## WHAT TO DO:
Your task is to filter the data below down to the lines holding "first".

## DATA FOR THE TASK:
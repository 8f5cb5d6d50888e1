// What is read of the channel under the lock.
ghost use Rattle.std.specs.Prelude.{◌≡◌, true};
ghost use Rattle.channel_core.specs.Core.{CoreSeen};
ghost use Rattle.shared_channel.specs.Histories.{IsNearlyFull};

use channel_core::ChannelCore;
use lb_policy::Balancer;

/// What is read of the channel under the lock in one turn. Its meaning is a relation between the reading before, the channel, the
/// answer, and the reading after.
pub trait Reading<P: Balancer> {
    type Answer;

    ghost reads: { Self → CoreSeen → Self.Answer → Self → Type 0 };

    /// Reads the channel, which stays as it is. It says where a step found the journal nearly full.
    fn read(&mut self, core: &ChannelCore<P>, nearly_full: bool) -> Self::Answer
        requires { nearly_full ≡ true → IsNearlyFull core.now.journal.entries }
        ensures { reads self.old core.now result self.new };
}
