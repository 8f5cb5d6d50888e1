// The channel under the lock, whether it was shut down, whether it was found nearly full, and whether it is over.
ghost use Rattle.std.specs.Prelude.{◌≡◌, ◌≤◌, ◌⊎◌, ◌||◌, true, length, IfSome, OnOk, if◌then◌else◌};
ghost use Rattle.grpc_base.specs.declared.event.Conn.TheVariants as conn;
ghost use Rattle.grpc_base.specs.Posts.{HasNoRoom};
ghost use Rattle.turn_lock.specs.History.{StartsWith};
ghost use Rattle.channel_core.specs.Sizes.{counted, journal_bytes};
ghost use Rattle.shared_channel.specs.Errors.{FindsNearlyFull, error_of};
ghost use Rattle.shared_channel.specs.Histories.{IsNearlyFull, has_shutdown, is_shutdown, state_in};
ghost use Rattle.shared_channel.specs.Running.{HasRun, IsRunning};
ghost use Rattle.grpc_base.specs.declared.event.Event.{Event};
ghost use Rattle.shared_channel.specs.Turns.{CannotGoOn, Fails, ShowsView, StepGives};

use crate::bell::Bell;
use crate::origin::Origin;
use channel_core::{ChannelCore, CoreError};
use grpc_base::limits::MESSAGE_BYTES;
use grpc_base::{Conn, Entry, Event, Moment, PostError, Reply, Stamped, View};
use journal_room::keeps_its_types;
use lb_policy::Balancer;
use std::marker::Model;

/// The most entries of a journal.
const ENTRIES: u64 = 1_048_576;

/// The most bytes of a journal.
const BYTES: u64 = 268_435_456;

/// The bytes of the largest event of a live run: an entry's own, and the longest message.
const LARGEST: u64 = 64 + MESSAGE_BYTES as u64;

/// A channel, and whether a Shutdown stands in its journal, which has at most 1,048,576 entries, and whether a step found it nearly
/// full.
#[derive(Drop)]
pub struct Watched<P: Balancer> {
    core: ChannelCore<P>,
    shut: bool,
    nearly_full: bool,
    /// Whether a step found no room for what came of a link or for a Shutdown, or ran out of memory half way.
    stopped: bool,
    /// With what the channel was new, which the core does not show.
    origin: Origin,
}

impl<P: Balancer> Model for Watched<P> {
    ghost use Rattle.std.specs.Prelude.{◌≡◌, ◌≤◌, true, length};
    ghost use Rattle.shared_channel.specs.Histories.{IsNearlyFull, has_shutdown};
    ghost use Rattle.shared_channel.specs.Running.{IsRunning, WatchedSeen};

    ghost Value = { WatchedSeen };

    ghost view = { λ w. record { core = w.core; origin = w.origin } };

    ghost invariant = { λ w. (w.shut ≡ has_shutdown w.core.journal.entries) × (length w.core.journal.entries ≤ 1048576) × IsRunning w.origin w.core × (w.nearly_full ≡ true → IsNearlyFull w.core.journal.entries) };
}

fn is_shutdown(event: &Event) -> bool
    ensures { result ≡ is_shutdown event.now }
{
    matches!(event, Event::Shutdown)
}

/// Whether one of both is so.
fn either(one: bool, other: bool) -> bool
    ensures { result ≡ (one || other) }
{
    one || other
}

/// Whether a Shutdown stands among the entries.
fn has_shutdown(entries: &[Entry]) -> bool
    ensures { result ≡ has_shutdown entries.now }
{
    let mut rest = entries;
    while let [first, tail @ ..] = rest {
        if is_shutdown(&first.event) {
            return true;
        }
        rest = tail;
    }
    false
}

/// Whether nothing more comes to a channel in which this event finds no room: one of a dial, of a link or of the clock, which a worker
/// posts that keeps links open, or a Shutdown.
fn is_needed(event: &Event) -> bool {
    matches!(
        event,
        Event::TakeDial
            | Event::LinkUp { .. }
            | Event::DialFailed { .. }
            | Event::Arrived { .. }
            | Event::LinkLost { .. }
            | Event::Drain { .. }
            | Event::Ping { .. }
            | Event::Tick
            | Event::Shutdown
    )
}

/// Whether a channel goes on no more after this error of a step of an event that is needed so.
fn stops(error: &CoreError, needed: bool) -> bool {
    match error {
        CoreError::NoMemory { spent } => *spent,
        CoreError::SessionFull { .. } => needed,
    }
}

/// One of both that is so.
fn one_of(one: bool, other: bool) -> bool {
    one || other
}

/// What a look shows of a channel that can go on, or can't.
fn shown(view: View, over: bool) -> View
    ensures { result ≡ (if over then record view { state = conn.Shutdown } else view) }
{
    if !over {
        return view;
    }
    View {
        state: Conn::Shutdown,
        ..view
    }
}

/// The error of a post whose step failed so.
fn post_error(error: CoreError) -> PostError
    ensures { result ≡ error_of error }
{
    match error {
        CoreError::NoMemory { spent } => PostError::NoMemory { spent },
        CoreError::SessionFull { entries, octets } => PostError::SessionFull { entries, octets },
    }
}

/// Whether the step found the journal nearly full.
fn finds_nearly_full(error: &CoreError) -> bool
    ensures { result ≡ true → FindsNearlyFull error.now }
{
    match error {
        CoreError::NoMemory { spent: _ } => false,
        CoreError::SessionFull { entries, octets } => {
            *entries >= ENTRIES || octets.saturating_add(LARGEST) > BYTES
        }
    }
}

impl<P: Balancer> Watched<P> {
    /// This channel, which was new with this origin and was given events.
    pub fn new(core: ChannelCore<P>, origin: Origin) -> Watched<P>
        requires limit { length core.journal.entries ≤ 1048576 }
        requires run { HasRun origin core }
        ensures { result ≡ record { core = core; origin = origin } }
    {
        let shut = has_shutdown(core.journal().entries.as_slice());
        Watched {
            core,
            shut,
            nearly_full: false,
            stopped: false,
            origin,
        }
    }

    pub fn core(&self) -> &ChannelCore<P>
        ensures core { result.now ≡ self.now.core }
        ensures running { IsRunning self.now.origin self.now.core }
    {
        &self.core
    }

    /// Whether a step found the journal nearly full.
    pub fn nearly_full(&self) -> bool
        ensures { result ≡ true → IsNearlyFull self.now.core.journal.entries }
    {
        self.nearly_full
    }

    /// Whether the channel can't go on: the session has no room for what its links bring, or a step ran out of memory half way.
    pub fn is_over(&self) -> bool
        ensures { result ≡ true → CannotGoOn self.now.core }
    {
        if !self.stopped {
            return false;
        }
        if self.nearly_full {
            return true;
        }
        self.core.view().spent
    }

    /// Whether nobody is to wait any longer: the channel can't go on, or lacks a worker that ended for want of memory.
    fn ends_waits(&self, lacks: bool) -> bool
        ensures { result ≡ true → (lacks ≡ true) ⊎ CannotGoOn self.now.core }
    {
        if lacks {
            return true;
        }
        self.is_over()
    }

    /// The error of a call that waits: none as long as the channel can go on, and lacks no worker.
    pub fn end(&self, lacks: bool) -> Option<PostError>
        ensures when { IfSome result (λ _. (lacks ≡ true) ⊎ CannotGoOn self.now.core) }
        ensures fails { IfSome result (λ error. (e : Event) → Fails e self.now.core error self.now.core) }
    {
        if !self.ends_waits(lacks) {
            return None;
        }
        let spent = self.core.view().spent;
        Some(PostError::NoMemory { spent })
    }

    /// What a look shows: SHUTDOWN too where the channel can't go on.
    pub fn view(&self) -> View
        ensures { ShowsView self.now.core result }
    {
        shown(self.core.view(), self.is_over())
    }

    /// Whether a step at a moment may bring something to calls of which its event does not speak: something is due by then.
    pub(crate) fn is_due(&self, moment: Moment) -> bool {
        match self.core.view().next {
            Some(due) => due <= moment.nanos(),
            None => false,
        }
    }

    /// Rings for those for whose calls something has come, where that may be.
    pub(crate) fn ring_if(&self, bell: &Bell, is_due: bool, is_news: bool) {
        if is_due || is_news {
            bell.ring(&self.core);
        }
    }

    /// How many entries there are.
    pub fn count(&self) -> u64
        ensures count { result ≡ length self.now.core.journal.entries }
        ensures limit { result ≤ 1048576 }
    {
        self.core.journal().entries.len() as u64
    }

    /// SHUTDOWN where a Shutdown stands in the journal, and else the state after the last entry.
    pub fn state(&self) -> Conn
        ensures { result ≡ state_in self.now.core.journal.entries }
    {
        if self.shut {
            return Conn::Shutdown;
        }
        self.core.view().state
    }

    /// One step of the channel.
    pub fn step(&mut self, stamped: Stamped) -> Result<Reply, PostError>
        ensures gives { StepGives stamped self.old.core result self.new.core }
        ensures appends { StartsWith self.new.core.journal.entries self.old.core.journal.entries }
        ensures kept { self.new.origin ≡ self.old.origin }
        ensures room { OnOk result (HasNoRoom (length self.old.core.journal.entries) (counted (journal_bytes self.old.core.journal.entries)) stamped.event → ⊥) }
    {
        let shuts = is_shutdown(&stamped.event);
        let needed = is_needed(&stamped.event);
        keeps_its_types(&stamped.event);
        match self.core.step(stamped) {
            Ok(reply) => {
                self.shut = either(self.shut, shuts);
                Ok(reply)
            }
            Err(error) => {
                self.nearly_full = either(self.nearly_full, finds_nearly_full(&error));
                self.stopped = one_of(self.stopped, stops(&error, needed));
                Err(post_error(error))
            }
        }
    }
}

## ANSWER AREA:
    while let [first, tail @ ..] = rest {
        if is_shutdown(&first.event) {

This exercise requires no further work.